Judithe Little. Graydon House, $17.99 trade paper (400p) ISBN 978-1-525-89595-1

Little (Wickwythe Hall) imagines the relationship between Coco Chanel and her younger sister, Antoinette, in this admirable fictional biography. The story of the sisters’ onerous childhood begins in 1897 after their mother dies when they are 11 and eight, and their father, a wandering peddler, abandons the family and gives the girls to a convent orphanage. The author mines the girls’ austere upbringing by the nuns to show how they would later develop their fashion sensibility (“An insistence on craftsmanship, of stitches perfectly made. The calming contrast of black and white,” Antoinette observes), which is further stoked after their aunt shows them fashion magazines.
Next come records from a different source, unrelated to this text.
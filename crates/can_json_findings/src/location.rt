//! The line of a location.
ghost use Rattle.std.specs.Prelude.{◌≡◌, ◌∷◌, ◌++◌, [], OnOk};
ghost use Rattle.json.specs.Tree.{json_tokens};
ghost use Rattle.can_json_texts.specs.Members.{object_of};
ghost use Rattle.can_json_texts.specs.Values.{tokens_of};
ghost use Rattle.dbc_ranges.specs.Ranges.{part_of};
ghost use Rattle.can_json_findings.specs.Findings.{subject_members, at_members};
ghost use Rattle.can_json_findings.specs.Locations.{ranges_line, location_line};

use crate::finding::{line_of, write_at};
use crate::subject::write_subject;
use can_diagnostics::Subject;
use can_json_texts::JsonText;
use dbc_ranges::{Part, Range, range_of};
use dbc_reader::Start;
use dbc_values::Memory;

#[tactic(auto, using(can_json_texts::proofs::Tokens::members_then))]
fn write_members(text: &mut JsonText, subject: &Subject, ranges: &[Range]) -> Result<(), Memory>
    ensures { OnOk result (text.new ≡ text.old ++ tokens_of (subject_members subject.now ++ at_members ranges.now)) }
{
    write_subject(text, subject)?;
    write_at(text, ranges)
}

#[tactic(auto, using(can_json_texts::proofs::Tokens::object_written))]
fn write_object(text: &mut JsonText, subject: &Subject, ranges: &[Range]) -> Result<(), Memory>
    ensures { OnOk result (text.new ≡ text.old ++ json_tokens (object_of (subject_members subject.now
        ++ at_members ranges.now))) }
{
    text.begin_object()?;
    write_members(text, subject, ranges)?;
    text.end_object()?;
    Ok(())
}

/// Appends the line of something with its ranges to the lines.
pub(crate) fn push_ranges(
    lines: &mut Vec<u8>,
    subject: &Subject,
    ranges: &[Range],
) -> Result<(), Memory>
    ensures { OnOk result (lines.new.items ≡ lines.old.items ++ ranges_line subject.now ranges.now) }
{
    let mut object = JsonText::new(*lines.allocator());
    write_object(&mut object, subject, ranges)?;
    let mut line = line_of(object)?;
    lines.append(&mut line)?;
    Ok(())
}

/// Appends the line of something to the lines, with the range of a part of the statement or signal that begins there in the text.
#[tactic(auto, unfolding(crate::specs::Locations::location_line))]
pub(crate) fn push_part(
    lines: &mut Vec<u8>,
    text: &[u8],
    subject: &Subject,
    start: Start,
    part: Part<'_>,
) -> Result<(), Memory>
    ensures { OnOk result (lines.new.items ≡ lines.old.items ++ location_line text.now (record {
      subject = subject.now;
      start = start;
      parts = part_of part.entry ∷ [];
    })) }
{
    let ranges = [range_of(text, start, part)];
    push_ranges(lines, subject, &ranges)
}
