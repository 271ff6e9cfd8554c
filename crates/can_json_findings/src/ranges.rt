//! The parts of the text that findings are about.
ghost use Rattle.std.specs.Prelude.{◌≡◌, ◌≤◌, IfOk};
ghost use Rattle.dbc_ranges.specs.Ranges.{part_of as part_view, range_of};
ghost use Rattle.can_json_findings.specs.Marks.{message_part, signal_part, repetition, target_items, key_items, part_about};
ghost use Rattle.can_json_findings.specs.Marks.{ranges_of};

use can_diagnostics::{Code, Subject};
use can_findings::{Finding, Location};
use dbc_ranges::{DescribedValue, Part, Range, range_of};
use dbc_records::{EntryKey, Target};
use dbc_values::Memory;
use std::alloc::Global;

// The part of a signal, or of its entry, that a code is about.
fn signal_part(code: Code) -> Part<'static>
    ensures { part_view result ≡ signal_part code }
{
    match code {
        Code::NoSwitch | Code::BadMuxRow | Code::SwitchLoop => Part::Multiplexor,
        Code::Float => Part::FloatKind,
        Code::Long => Part::Length,
        Code::Scale => Part::Scale,
        _ => Part::Position,
    }
}

fn message_part(code: Code) -> Part<'static>
    ensures { part_view result ≡ message_part code }
{
    match code {
        Code::SharedName => Part::Name,
        _ => Part::Number,
    }
}

// All equal value descriptions except the first are repetitions.
fn repetition(code: Code) -> usize
    ensures { result ≡ repetition code }
{
    match code {
        Code::RepeatedValue => 1,
        _ => 0,
    }
}

// How many items name this.
fn target_items(target: &Target) -> usize
    ensures value { result ≡ target_items target.now }
    ensures in_range { result ≤ 3 }
{
    match target {
        Target::Whole => 0,
        Target::Node(_) => 2,
        Target::Message(_) => 2,
        Target::Signal(..) => 3,
    }
}

/// How many items the key of an entry has, from its keyword on.
pub(crate) fn key_items(key: &EntryKey) -> usize
    ensures { result ≡ key_items key.now }
{
    match key {
        EntryKey::Table(_) => 2,
        EntryKey::Comment(target) => 1 + target_items(target),
        EntryKey::Definition(None, _) => 2,
        EntryKey::Definition(Some(_), _) => 3,
        EntryKey::Default(_) => 2,
        EntryKey::Attribute(_, target) => 2 + target_items(target),
        EntryKey::Values(..) => 3,
        EntryKey::Float(..) => 3,
        EntryKey::Mux(..) => 3,
    }
}

// The part that a diagnostic is about.
fn part_about(code: Code, subject: &Subject) -> Part<'_>
    ensures { part_view result ≡ part_about code subject.now }
{
    match subject {
        Subject::Message(..) => message_part(code),
        Subject::Sender(..) => Part::Sender,
        Subject::Signal(..) => signal_part(code),
        Subject::Pair(..) => Part::Position,
        Subject::Receiver(_, _, _, node) => Part::Receiver(node.as_bytes()),
        Subject::Value(_, _, _, value) => Part::Value(DescribedValue {
            number: *value,
            index: repetition(code),
        }),
        Subject::Row(key) => Part::Key(key_items(key)),
    }
}

/// The ranges that a finding is about in the text in which it was found: one, or for two signals one each.
pub(crate) fn ranges_of(alloc: Global, text: &[u8], finding: &Finding) -> Result<Vec<Range>, Memory>
    ensures { IfOk result (λ ranges. ranges.items ≡ ranges_of text.now finding.now) }
{
    let part = part_about(finding.diagnostic.code, &finding.diagnostic.subject);
    let mut ranges = Vec::new(alloc);
    match finding.location {
        Location::One(start) => ranges.push(range_of(text, start, part))?,
        Location::Both(first, second) => {
            ranges.push(range_of(text, first, part))?;
            ranges.push(range_of(text, second, part))?;
        }
    }
    Ok(ranges)
}
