//! The line of a fault for which a text is rejected.
ghost use Rattle.std.specs.Prelude.{◌≡◌, ◌∷◌, ◌++◌, [], true, Some, IfOk, OnOk, codes, option_map};
ghost use Rattle.json.specs.Json.{string};
ghost use Rattle.json.specs.Tree.{json_tokens};
ghost use Rattle.can_json_texts.specs.Members.{text_members};
ghost use Rattle.can_json_texts.specs.Values.{tokens_of};
ghost use Rattle.can_json_findings.specs.Faults.{cause_members, guess_members, reason_members};
ghost use Rattle.dbc_tokens.specs.Causes.{cause_number, cause_word};
ghost use Rattle.can_json_findings.specs.Faults.{fault_range, words_members, fault_members, fault_json, fault_line};
ghost use Rattle.can_json_findings.specs.Faults.{BeginsWithFault, AreOfFaults};
ghost use Rattle.can_json_findings.specs.Findings.{at_members};
ghost use Rattle.dbc_reader.specs.Grammar as grammar;
ghost use Rattle.dbc_faults.specs.FaultLocations.{IsFaultLocation};
ghost use Rattle.dbc_faults.specs.Derivatives.{found_of};
ghost use Rattle.std.specs.List.{flat_map};

use crate::finding::{line_of, write_at};
use can_json_texts::{JsonText, write_flag, write_string, write_text, write_whole};
use dbc_faults::{FaultDetails, first_fault, guessed_faults};
use dbc_ranges::Range;
use dbc_tokens::{Cause, ReadFault};
use dbc_values::Memory;
use std::alloc::Global;

fn write_word(text: &mut JsonText, cause: Cause) -> Result<(), Memory>
    ensures { OnOk result (text.new ≡ text.old ++ tokens_of ((codes "word", string (cause_word cause)) ∷ [])) }
{
    write_string(text, "word", cause.word())
}

fn write_word_and_severity(text: &mut JsonText, cause: Cause) -> Result<(), Memory>
    ensures { OnOk result (text.new ≡ text.old ++ tokens_of ((codes "word", string (cause_word cause))
        ∷ (codes "severity", string (codes "error")) ∷ [])) }
{
    write_word(text, cause)?;
    write_string(text, "severity", "error")?;
    Ok(())
}

#[tactic(auto, using(can_json_texts::proofs::Tokens::members_then))]
fn write_cause(text: &mut JsonText, cause: Cause) -> Result<(), Memory>
    ensures { OnOk result (text.new ≡ text.old ++ tokens_of (cause_members cause)) }
{
    write_whole(text, "code", u64::from(cause.number()))?;
    write_word_and_severity(text, cause)
}

#[tactic(auto, using(can_json_texts::proofs::Tokens::none_written))]
fn write_guess(text: &mut JsonText, is_guess: bool) -> Result<(), Memory>
    ensures { OnOk result (text.new ≡ text.old ++ tokens_of (guess_members is_guess)) }
{
    if is_guess {
        write_flag(text, "guess", true)
    } else {
        Ok(())
    }
}

#[tactic(auto, using(can_json_texts::proofs::Tokens::members_then))]
fn write_found_and_expected(text: &mut JsonText, details: &FaultDetails<'_>) -> Result<(), Memory>
    ensures { OnOk result (text.new ≡ text.old ++ tokens_of (text_members (codes "found") details.now.found.items
        ++ text_members (codes "expected") details.now.expected.items)) }
{
    write_text(text, "found", details.found.as_slice())?;
    write_text(text, "expected", details.expected.as_slice())
}

#[tactic(auto, using(can_json_texts::proofs::Tokens::none_written))]
fn write_reason(text: &mut JsonText, reason: Option<&[u8]>) -> Result<(), Memory>
    ensures { OnOk result (text.new ≡ text.old ++ tokens_of (reason_members (option_map (λ words. words.now) reason.entry))) }
{
    match reason {
        Some(words) => write_text(text, "reason", words),
        None => Ok(()),
    }
}

#[tactic(auto, using(can_json_texts::proofs::Tokens::members_then))]
fn write_words(text: &mut JsonText, details: &FaultDetails<'_>) -> Result<(), Memory>
    ensures { OnOk result (text.new ≡ text.old ++ tokens_of (words_members details.now)) }
{
    write_found_and_expected(text, details)?;
    write_reason(text, details.reason)
}

// The range of the token at fault in a text of this many bytes.
fn fault_range(size: usize, details: &FaultDetails<'_>) -> Range
    ensures { result ≡ fault_range size details.now }
{
    let to = size.saturating_sub(details.location.following.len());
    Range {
        line: details.location.fault.line,
        from: to.saturating_sub(details.location.token.len()),
        to,
    }
}

fn write_location(
    text: &mut JsonText,
    size: usize,
    details: &FaultDetails<'_>,
) -> Result<(), Memory>
    ensures { OnOk result (text.new ≡ text.old ++ tokens_of (at_members (fault_range size details.now ∷ []))) }
{
    let ranges = [fault_range(size, details)];
    write_at(text, &ranges)
}

#[tactic(auto, using(can_json_texts::proofs::Tokens::members_then))]
fn write_words_and_location(
    text: &mut JsonText,
    size: usize,
    details: &FaultDetails<'_>,
) -> Result<(), Memory>
    ensures { OnOk result (text.new ≡ text.old ++ tokens_of (words_members details.now
        ++ at_members (fault_range size details.now ∷ []))) }
{
    write_words(text, details)?;
    write_location(text, size, details)
}

#[tactic(auto, using(can_json_texts::proofs::Tokens::members_then))]
fn write_cause_and_guess(text: &mut JsonText, cause: Cause, is_guess: bool) -> Result<(), Memory>
    ensures { OnOk result (text.new ≡ text.old ++ tokens_of (cause_members cause ++ guess_members is_guess)) }
{
    write_cause(text, cause)?;
    write_guess(text, is_guess)
}

#[tactic(auto, using(can_json_texts::proofs::Tokens::members_then))]
fn write_members(
    text: &mut JsonText,
    size: usize,
    details: &FaultDetails<'_>,
    is_guess: bool,
) -> Result<(), Memory>
    ensures { OnOk result (text.new ≡ text.old ++ tokens_of (fault_members size details.now is_guess)) }
{
    write_cause_and_guess(text, details.location.fault.cause, is_guess)?;
    write_words_and_location(text, size, details)
}

fn write_object(
    text: &mut JsonText,
    size: usize,
    details: &FaultDetails<'_>,
    is_guess: bool,
) -> Result<(), Memory>
    ensures { OnOk result (text.new ≡ text.old ++ json_tokens (fault_json size details.now is_guess)) }
{
    text.begin_object()?;
    write_members(text, size, details, is_guess)?;
    text.end_object()?;
    Ok(())
}

// The line of a fault of a text of this many bytes: an object and an LF.
fn fault_line(
    alloc: Global,
    size: usize,
    details: &FaultDetails<'_>,
    is_guess: bool,
) -> Result<Vec<u8>, Memory>
    ensures { IfOk result (λ line. line.items ≡ fault_line size details.now is_guess) }
{
    let mut object = JsonText::new(alloc);
    write_object(&mut object, size, details, is_guess)?;
    line_of(object)
}

/// The first fault of a text, and the objects of it and of later faults, which are guesses, a line each.
#[derive(Drop)]
pub struct FaultLines {
    /// The first fault.
    pub fault: ReadFault,
    /// The lines.
    pub words: Vec<u8>,
}

// Adds the lines of guesses.
fn push_guesses(
    alloc: Global,
    size: usize,
    guesses: &[FaultDetails<'_>],
    lines: &mut Vec<u8>,
) -> Result<(), Memory>
    ensures { OnOk result (lines.new.items ≡ lines.old.items ++ flat_map (λ details. fault_line size details true) guesses.now) }
{
    for details in guesses {
        let mut line = fault_line(alloc, size, details, true)?;
        lines.append(&mut line)?;
    }
    Ok(())
}

// The lines of a fault and of guesses after it.
fn lines_of(alloc: Global, text: &[u8], first: &FaultDetails<'_>) -> Result<FaultLines, Memory>
    requires { IsFaultLocation grammar.text text.now (Some (found_of first.now.location)) }
    ensures { IfOk result (λ lines. BeginsWithFault text.now lines.fault lines.words.items) }
{
    let mut words = fault_line(alloc, text.len(), first, false)?;
    let guesses = guessed_faults(alloc, first)?;
    push_guesses(alloc, text.len(), guesses.as_slice(), &mut words)?;
    Ok(FaultLines {
        fault: first.location.fault,
        words,
    })
}

/// The objects of the first fault of a text and, as guesses, of later ones; none if it has no fault.
pub fn fault_lines(alloc: Global, text: &[u8]) -> Result<Option<FaultLines>, Memory>
    ensures { IfOk result (λ lines. AreOfFaults text.now lines) }
{
    match first_fault(alloc, text)? {
        Some(first) => Ok(Some(lines_of(alloc, text, &first)?)),
        None => Ok(None),
    }
}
Later chapters follow Coco’s trajectory from Paris hatmaker to fashion force of nature, as well as both sisters’ shifting fortunes in romance. Antoinette improves on the construction of Coco’s signature hats, while accepting Coco’s personal life as a well-kept mistress. Though aspects of each sister’s love lives occasionally come off as tiresome, the descriptions of the millinery trade are consistently fascinating. Little’s story of two indomitable women offers an eye-opening account of the unsung Antoinette and her pivotal role in her famed sister’s success. Fashion aficionados in particular will appreciate this take on the life of a legend. (Dec.)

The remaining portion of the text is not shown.